Which lines in the listing below contain the word "ends"? Copy each one.

——————

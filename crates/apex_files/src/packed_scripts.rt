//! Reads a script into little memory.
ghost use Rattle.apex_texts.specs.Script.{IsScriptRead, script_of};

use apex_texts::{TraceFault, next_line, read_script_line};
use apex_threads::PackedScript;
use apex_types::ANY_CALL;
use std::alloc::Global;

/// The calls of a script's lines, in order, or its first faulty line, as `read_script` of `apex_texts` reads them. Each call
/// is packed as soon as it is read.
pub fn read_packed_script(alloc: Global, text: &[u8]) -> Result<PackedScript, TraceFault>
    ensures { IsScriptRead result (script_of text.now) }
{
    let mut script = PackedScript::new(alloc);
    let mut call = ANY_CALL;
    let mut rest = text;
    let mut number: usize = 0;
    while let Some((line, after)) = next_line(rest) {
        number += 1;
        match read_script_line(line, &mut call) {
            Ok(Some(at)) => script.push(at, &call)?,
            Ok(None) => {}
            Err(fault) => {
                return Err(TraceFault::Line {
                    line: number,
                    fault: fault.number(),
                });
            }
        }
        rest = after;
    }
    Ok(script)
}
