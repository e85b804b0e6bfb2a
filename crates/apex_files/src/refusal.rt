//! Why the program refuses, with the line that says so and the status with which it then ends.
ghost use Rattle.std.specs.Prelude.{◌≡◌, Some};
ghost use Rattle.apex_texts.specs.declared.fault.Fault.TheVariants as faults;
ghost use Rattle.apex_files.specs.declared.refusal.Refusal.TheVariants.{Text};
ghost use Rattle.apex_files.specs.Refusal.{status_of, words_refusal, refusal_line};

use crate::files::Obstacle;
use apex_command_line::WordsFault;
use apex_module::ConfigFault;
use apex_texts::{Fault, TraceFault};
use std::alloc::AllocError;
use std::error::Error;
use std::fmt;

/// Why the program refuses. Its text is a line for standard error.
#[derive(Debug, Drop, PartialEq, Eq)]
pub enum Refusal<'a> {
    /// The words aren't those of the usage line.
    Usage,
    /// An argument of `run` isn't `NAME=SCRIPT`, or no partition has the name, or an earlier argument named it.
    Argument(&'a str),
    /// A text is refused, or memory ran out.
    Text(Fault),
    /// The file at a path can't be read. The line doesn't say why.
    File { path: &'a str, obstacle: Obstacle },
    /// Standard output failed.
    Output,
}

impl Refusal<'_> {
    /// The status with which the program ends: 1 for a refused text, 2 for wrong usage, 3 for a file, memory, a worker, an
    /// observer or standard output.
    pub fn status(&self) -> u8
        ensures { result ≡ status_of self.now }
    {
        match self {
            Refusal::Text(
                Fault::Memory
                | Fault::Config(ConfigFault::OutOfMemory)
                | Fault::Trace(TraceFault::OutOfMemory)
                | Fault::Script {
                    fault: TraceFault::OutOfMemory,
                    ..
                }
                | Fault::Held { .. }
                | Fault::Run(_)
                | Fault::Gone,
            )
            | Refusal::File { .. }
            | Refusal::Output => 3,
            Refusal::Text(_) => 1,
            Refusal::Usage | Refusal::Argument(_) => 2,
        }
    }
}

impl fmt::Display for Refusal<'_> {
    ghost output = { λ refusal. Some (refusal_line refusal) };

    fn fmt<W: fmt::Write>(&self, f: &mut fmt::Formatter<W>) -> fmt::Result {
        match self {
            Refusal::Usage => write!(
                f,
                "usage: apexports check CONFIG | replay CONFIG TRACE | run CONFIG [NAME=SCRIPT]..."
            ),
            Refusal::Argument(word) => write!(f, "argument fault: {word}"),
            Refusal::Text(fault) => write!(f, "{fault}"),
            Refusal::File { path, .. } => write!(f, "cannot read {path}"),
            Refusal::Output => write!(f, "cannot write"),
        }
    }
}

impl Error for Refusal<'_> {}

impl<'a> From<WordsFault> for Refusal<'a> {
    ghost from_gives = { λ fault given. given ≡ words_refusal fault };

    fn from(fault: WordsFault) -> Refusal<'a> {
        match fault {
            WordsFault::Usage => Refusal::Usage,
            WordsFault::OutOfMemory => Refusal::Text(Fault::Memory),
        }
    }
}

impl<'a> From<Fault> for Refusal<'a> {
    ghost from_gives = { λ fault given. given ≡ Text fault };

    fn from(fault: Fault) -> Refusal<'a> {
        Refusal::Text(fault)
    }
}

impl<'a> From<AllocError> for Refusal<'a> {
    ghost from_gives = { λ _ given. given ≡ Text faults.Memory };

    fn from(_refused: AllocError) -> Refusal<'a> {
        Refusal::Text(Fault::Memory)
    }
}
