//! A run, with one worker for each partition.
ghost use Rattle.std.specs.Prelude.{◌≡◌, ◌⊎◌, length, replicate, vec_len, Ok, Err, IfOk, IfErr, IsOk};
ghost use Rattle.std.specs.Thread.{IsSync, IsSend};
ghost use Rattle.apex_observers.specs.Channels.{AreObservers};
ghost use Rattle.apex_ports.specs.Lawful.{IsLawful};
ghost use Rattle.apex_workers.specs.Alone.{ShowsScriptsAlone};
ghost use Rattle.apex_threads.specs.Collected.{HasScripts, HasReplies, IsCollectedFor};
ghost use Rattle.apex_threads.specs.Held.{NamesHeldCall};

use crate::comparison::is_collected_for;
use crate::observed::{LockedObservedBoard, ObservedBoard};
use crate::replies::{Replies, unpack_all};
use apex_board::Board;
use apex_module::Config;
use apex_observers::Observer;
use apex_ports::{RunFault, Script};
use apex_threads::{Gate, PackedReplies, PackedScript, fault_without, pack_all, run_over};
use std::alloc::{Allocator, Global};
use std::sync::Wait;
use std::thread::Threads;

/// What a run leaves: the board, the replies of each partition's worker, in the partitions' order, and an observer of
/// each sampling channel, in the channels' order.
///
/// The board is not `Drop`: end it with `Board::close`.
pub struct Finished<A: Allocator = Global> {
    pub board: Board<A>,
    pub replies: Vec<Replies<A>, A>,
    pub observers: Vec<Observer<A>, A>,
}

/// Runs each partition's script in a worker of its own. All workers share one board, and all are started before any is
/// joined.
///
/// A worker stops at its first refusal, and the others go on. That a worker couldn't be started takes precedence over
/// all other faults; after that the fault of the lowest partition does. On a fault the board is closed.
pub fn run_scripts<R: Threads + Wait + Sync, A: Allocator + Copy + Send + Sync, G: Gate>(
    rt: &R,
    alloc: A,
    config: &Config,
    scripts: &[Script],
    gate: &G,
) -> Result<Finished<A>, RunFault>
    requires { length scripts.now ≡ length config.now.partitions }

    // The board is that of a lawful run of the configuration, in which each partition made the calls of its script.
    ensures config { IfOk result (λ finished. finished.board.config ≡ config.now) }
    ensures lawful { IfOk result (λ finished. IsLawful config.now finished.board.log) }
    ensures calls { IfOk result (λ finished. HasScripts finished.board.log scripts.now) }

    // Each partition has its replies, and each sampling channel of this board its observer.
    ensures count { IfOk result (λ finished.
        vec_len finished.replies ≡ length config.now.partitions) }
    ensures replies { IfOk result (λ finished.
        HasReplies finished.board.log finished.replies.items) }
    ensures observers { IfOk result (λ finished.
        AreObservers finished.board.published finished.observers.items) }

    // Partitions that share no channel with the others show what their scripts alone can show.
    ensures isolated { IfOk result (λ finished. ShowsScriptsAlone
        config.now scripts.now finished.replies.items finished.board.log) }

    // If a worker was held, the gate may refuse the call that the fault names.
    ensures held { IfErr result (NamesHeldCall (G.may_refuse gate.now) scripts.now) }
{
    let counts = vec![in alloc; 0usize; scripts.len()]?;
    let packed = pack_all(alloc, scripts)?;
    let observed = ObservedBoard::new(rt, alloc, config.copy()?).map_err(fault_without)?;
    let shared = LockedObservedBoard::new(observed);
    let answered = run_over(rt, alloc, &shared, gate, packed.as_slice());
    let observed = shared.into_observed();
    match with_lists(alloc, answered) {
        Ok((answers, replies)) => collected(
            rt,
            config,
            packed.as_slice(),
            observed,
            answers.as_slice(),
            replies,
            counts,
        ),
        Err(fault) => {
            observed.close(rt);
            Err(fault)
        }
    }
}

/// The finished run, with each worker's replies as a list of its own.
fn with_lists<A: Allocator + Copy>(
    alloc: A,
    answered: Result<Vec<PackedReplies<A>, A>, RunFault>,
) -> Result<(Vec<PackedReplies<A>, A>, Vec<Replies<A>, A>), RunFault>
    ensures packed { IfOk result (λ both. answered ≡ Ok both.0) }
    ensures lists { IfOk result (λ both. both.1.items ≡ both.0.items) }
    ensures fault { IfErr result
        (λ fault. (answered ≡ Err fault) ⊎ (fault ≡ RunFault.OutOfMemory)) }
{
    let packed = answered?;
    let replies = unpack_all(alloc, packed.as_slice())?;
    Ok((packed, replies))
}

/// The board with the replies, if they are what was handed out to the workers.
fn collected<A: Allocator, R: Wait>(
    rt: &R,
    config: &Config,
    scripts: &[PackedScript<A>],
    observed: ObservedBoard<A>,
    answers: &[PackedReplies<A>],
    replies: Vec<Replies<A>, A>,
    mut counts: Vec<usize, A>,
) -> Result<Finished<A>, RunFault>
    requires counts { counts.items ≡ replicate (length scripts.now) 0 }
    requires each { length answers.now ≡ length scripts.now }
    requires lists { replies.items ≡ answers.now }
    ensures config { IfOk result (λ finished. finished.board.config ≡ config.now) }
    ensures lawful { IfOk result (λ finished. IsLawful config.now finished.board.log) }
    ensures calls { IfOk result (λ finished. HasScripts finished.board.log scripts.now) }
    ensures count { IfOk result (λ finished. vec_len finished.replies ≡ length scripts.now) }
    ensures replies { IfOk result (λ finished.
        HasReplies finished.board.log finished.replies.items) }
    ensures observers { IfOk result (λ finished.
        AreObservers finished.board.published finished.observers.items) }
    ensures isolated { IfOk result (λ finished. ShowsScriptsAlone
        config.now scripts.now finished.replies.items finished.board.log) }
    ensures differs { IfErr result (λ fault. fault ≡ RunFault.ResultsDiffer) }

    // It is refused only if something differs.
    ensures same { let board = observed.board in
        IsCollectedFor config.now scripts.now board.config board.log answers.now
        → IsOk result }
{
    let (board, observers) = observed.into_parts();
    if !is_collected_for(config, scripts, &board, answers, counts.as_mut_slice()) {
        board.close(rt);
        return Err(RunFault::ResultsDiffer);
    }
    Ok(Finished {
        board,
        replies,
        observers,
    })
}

——————

### Solution to the exercise
//! Why the program refuses, with the line that says so and the status with which it then ends.
    /// The status with which the program ends: 1 for a refused text, 2 for wrong usage, 3 for a file, memory, a worker, an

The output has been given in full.